In 2006, Burch founded J.B. Christopher, a supplier of construction materials to real estate developers. In 2011, Burch and his partner Austin Hearst completed a $19 million luxury home development in Nantucket.

In 2013, in a partnership with James McBride, Burch acquired the Nihiwatu resort on the Indonesian island of Sumba. In 2015, after a $30 million investment, the pair opened the resort under the name NIHI.

===Other investments===
In 1993, Burch was a producer for the feature-length romantic comedy film Watch It. He was an early investor in the IPO for Internet Capital Group, and invested in Aliph Technologies, Powermat, and Poppin.

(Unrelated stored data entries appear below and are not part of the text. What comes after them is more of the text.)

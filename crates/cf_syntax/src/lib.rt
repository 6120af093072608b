//! The trees of a source file, and the names that are types while it is read.
//!
//! Each production of the grammar is a variant or a struct, with its place in bytes. The trees are two
//! families: expressions with declarators, parameters and types in brackets; and statements with classes
//! and declarations, which hold them. `TypeNames` knows which names are types in the scopes that are open.
#![tactic(auto)]

mod asked;
mod copied;
mod declarator;
mod entries;
mod expression;
mod laws;
mod lookup;
mod name;
mod operator;
mod reading;
mod slot;
mod specifier;
mod type_names;

pub use asked::Asked;
pub use declarator::{DeclTree, Param, TypeId};
pub use expression::Expr;
pub use laws::{one_longest_declarator, one_longest_expression, one_tree};
pub use name::{Last, Name, Path};
pub use operator::{AssignOp, BinaryOp, PrefixOp, StepOp};
pub use reading::{DeclaratorKind, Qualifiers, Specifiers, Suffix};
pub use specifier::{BasicType, ClassKey, Pointer, Storage, TypeSpecifier};
pub use type_names::{NameKind, TypeNames};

In 2014, he led the investment in BaubleBar; that year he also partnered with Ellen DeGeneres to launch her lifestyles collection, ED by Ellen.

He has also been involved with the brands Staud, Voss, Win Brands, Rappi, Danielle Guizio, Solid & Striped, Urbanic, Thursday Boots, SuperOrdinary, Barber Surgeon Guild, and Jawbone

==Personal life==
In 1982, Burch married Susan Cole. They had three daughters and divorced at an unknown date.

In 1996, he married the fashion designer Tory Robinson with whom he had three sons. They divorced in 2006.

Burch is a past president of The Pierre Hotel Co-op Board, and a past board member of Guggenheim Partners, and The Continuum Group.

From 1982 to 1985, Burch sat on the Board of Trustees of his alma mater, Tilton School. In 2013, Burch donated $1.3 million to the school.